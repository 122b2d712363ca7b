//! The groups of clauses of a workflow.
ghost use Rattle.std.specs.Prelude.{◌≡◌, ◌≤◌, ◌<◌, ◌+◌, ◌*◌, ◌++◌, [], ◌∷◌, length, map, true};
ghost use Rattle.std.specs.Prelude.{OnOk, IfOk};
ghost use Rattle.std.specs.List.{flat_map};
ghost use Rattle.wf_names.specs.declared.limits.TheConstants.{RULE_LIMIT, STEP_LIMIT};
ghost use Rattle.cnf_export.specs.Laws.Encodings.{blocks, count_groups, groups, members, numbers};
ghost use Rattle.cnf_export.specs.Laws.Encodings.{rule_groups, rules_blocks, step_blocks};
ghost use Rattle.cnf_export.specs.Laws.Encodings.{step_groups};
ghost use Rattle.cnf_export.specs.Terms.{pair_group_at};

use crate::counting::height;
use crate::group::Group;
use constraint_forms::{Rule, Rules, StepSet};
use std::alloc::{AllocError, Global};
use wf_names::{RULE_LIMIT, RelId, STEP_LIMIT, StepId};

/// The groups of a workflow with `steps` steps and these rules.
pub(crate) fn groups_of(alloc: Global, steps: u8, rules: &Rules) -> Result<Vec<Group>, AllocError>
    requires steps { steps ≤ STEP_LIMIT }
    requires rules { length rules.now ≤ RULE_LIMIT }
    ensures { IfOk result (λ made. made.items ≡ groups steps rules.now) }
{
    let mut made = Vec::new(alloc);
    add_steps(&mut made, steps)?;
    let mut block = steps as u16 + steps as u16;
    'rules: for k in 0..rules.len() {
        add_rule(&mut made, block, rules.get(k))?;
        block += blocks_of(rules.get(k));
    }
    Ok(made)
}

/// How many blocks of one variable for each user there are.
pub(crate) fn all_blocks(steps: u8, rules: &Rules) -> u16
    requires steps { steps ≤ STEP_LIMIT }
    requires rules { length rules.now ≤ RULE_LIMIT }
    ensures value { result ≡ step_blocks steps + rules_blocks rules.now }
{
    let mut block = steps as u16 + steps as u16;
    'rules: for k in 0..rules.len() {
        block += blocks_of(rules.get(k));
    }
    block
}

fn add_steps(made: &mut Vec<Group>, steps: u8) -> Result<(), AllocError>
    ensures { OnOk result (made.new.items
        ≡ made.old.items ++ flat_map step_groups (numbers 0 steps)) }
{
    'steps: for s in 0..steps {
        add_step(made, StepId(s))?;
    }
    Ok(())
}

fn add_step(made: &mut Vec<Group>, s: StepId) -> Result<(), AllocError>
    ensures { OnOk result (made.new.items ≡ made.old.items ++ step_groups s) }
{
    made.push(Group::Outside(s))?;
    made.push(Group::Someone(s))?;
    made.push(Group::Once(s))?;
    Ok(())
}

fn add_rule(made: &mut Vec<Group>, block: u16, rule: &Rule) -> Result<(), AllocError>
    ensures { OnOk result (made.new.items ≡ made.old.items ++ rule_groups block rule.now) }
{
    match *rule {
        Rule::Pair { rho, first, second } => add_group(made, Group::Pair { rho, first, second }),
        Rule::SomeOf { rho, group, step } => {
            add_group(
                made,
                Group::SomeOf {
                    rho,
                    back: false,
                    group,
                    step,
                },
            )
        }
        Rule::AllOf { rho, group, step } => add_pairs(made, false, rho, &group, step),
        Rule::SomeTo { rho, step, group } => {
            add_group(
                made,
                Group::SomeOf {
                    rho,
                    back: true,
                    group,
                    step,
                },
            )
        }
        Rule::AllTo { rho, step, group } => add_pairs(made, true, rho, &group, step),
        Rule::AtMost { limit, group } => add_count(made, block, true, limit, group),
        Rule::AtLeast { limit, group } => add_count(made, block, false, limit, group),
    }
}

fn add_group(made: &mut Vec<Group>, g: Group) -> Result<(), AllocError>
    ensures { OnOk result (made.new.items ≡ made.old.items ++ g ∷ []) }
{
    made.push(g)?;
    Ok(())
}

// Each member with the step, or the other way round.
fn add_pairs(
    made: &mut Vec<Group>,
    back: bool,
    rho: RelId,
    group: &StepSet,
    step: StepId,
) -> Result<(), AllocError>
    ensures { OnOk result (made.new.items
        ≡ made.old.items ++ map (pair_group_at back rho step) (members group.now)) }
{
    let limit = group.limit();
    'members: for x in 0..limit {
        if group.has(StepId(x as u8)) {
            add_group(made, pair_of(back, rho, StepId(x as u8), step))?;
        }
    }
    Ok(())
}

fn pair_of(back: bool, rho: RelId, x: StepId, step: StepId) -> Group
    ensures { result ≡ pair_group_at back rho step x }
{
    if back {
        Group::Pair {
            rho,
            first: step,
            second: x,
        }
    } else {
        Group::Pair {
            rho,
            first: x,
            second: step,
        }
    }
}

fn add_count(
    made: &mut Vec<Group>,
    block: u16,
    most: bool,
    limit: u8,
    group: StepSet,
) -> Result<(), AllocError>
    ensures { OnOk result (made.new.items ≡ made.old.items ++ count_groups block most limit group) }
{
    made.push(Group::Taking { block, group })?;
    made.push(Group::Counting { block, most, limit })?;
    made.push(Group::Ending { block, most, limit })?;
    Ok(())
}

// How many blocks a rule has of its own.
fn blocks_of(rule: &Rule) -> u16
    ensures value { result ≡ blocks rule.now }
    ensures few { result ≤ 257 }
{
    match *rule {
        Rule::Pair { .. } => 0,
        Rule::SomeOf { .. } => 0,
        Rule::AllOf { .. } => 0,
        Rule::SomeTo { .. } => 0,
        Rule::AllTo { .. } => 0,
        Rule::AtMost { limit, .. } => 1 + height(true, limit),
        Rule::AtLeast { limit, .. } => 1 + height(false, limit),
    }
}
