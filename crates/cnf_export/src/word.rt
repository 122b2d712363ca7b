//! The words of a model's text.
ghost use Rattle.std.specs.Prelude.{◌≡◌, ◌≤◌, ◌<◌, ◌+◌, ◌^◌, length, Some, IfErr, IfOk, IfSome};
ghost use Rattle.basics.specs.Laws.Reading.{Gives};
ghost use Rattle.cnf_export.specs.ModelText.{is_digit, next_part, number_said, take_no, words_read};
ghost use Rattle.cnf_export.specs.ModelText.{take_yes, with_digit};

/// Reads what stands between two blanks. `words` says how many words were read, where no 0 has
/// ended the model.
pub(crate) fn read_part(
    limit: u32,
    words: Option<usize>,
    part: &[u8],
    flags: &mut [bool],
) -> Result<Option<usize>, usize>
    requires places { limit ≤ length flags.old }
    requires fits { words_read words + length part.now < 2 ^ 64 }
    ensures read { Gives Some (λ after. (flags.new, after)) result
        (next_part limit (flags.old, words) part.now) }
    ensures word { IfErr result (λ k. k ≤ words_read words) }
    ensures few { IfOk result (λ after. words_read after ≤ words_read words + length part.now) }
    ensures places { length flags.new ≡ length flags.old }
{
    let Some(k) = words else {
        return Ok(None);
    };
    if part.len() == 0 {
        return Ok(Some(k));
    }
    if part[0] == b'-' {
        take_no(k, number_of(limit, &part[1..]), flags)
    } else {
        take_yes(k, number_of(limit, part), flags)
    }
}

fn take_no(k: usize, number: Option<u32>, flags: &[bool]) -> Result<Option<usize>, usize>
    requires { k + 1 < 2 ^ 64 }
    ensures read { Gives Some (λ after. (flags.now, after)) result (take_no k flags.now number) }
    ensures word { IfErr result (λ n. n ≤ k) }
    ensures few { IfOk result (λ after. words_read after ≤ k + 1) }
{
    let _ = flags;
    match number {
        Some(n) => { if n == 0 { Err(k) } else { Ok(Some(k + 1)) } }
        None => Err(k),
    }
}

fn take_yes(k: usize, number: Option<u32>, flags: &mut [bool]) -> Result<Option<usize>, usize>
    requires fits { k + 1 < 2 ^ 64 }
    requires places { IfSome number (λ n. n ≤ length flags.old) }
    ensures read { Gives Some (λ after. (flags.new, after)) result (take_yes k flags.old number) }
    ensures word { IfErr result (λ n. n ≤ k) }
    ensures few { IfOk result (λ after. words_read after ≤ k + 1) }
    ensures places { length flags.new ≡ length flags.old }
{
    match number {
        Some(n) => {
            if n == 0 {
                Ok(None)
            } else {
                flags[n as usize - 1] = true;
                Ok(Some(k + 1))
            }
        }
        None => Err(k),
    }
}

// The number that digits say, where it is not above a limit.
fn number_of(limit: u32, digits: &[u8]) -> Option<u32>
    ensures number { result ≡ number_said limit digits.now }
    ensures few { IfSome result (λ n. n ≤ limit) }
{
    if digits.len() == 0 || (digits[0] == b'0' && digits.len() > 1) {
        return None;
    }
    let mut n = 0;
    'digits: for digit in digits {
        match with_digit(limit, n, *digit) {
            Some(more) => n = more,
            None => return None,
        }
    }
    Some(n)
}

// A number with one more digit, where it is then not above a limit.
fn with_digit(limit: u32, n: u32, b: u8) -> Option<u32>
    ensures number { result ≡ with_digit limit n b }
    ensures few { IfSome result (λ m. m ≤ limit) }
{
    if !is_digit(b) {
        return None;
    }
    let more = 10 * n as u64 + (b - b'0') as u64;
    if more <= limit as u64 {
        Some(more as u32)
    } else {
        None
    }
}

fn is_digit(b: u8) -> bool
    ensures { result ≡ is_digit b }
{
    b'0' <= b && b <= b'9'
}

■ Description of the task
For the lines above, output exactly those from the line containing "take_yes(k, number_of(limit, part), flags)" through the line containing "fn number_of(limit: u32, digits: &[u8])", and skip the others.

■ Response below
        take_yes(k, number_of(limit, part), flags)
    }
}

fn take_no(k: usize, number: Option<u32>, flags: &[bool]) -> Result<Option<usize>, usize>
    requires { k + 1 < 2 ^ 64 }
    ensures read { Gives Some (λ after. (flags.now, after)) result (take_no k flags.now number) }
    ensures word { IfErr result (λ n. n ≤ k) }
    ensures few { IfOk result (λ after. words_read after ≤ k + 1) }
{
    let _ = flags;
    match number {
        Some(n) => { if n == 0 { Err(k) } else { Ok(Some(k + 1)) } }
        None => Err(k),
    }
}

fn take_yes(k: usize, number: Option<u32>, flags: &mut [bool]) -> Result<Option<usize>, usize>
    requires fits { k + 1 < 2 ^ 64 }
    requires places { IfSome number (λ n. n ≤ length flags.old) }
    ensures read { Gives Some (λ after. (flags.new, after)) result (take_yes k flags.old number) }
    ensures word { IfErr result (λ n. n ≤ k) }
    ensures few { IfOk result (λ after. words_read after ≤ k + 1) }
    ensures places { length flags.new ≡ length flags.old }
{
    match number {
        Some(n) => {
            if n == 0 {
                Ok(None)
            } else {
                flags[n as usize - 1] = true;
                Ok(Some(k + 1))
            }
        }
        None => Err(k),
    }
}

// The number that digits say, where it is not above a limit.
fn number_of(limit: u32, digits: &[u8]) -> Option<u32>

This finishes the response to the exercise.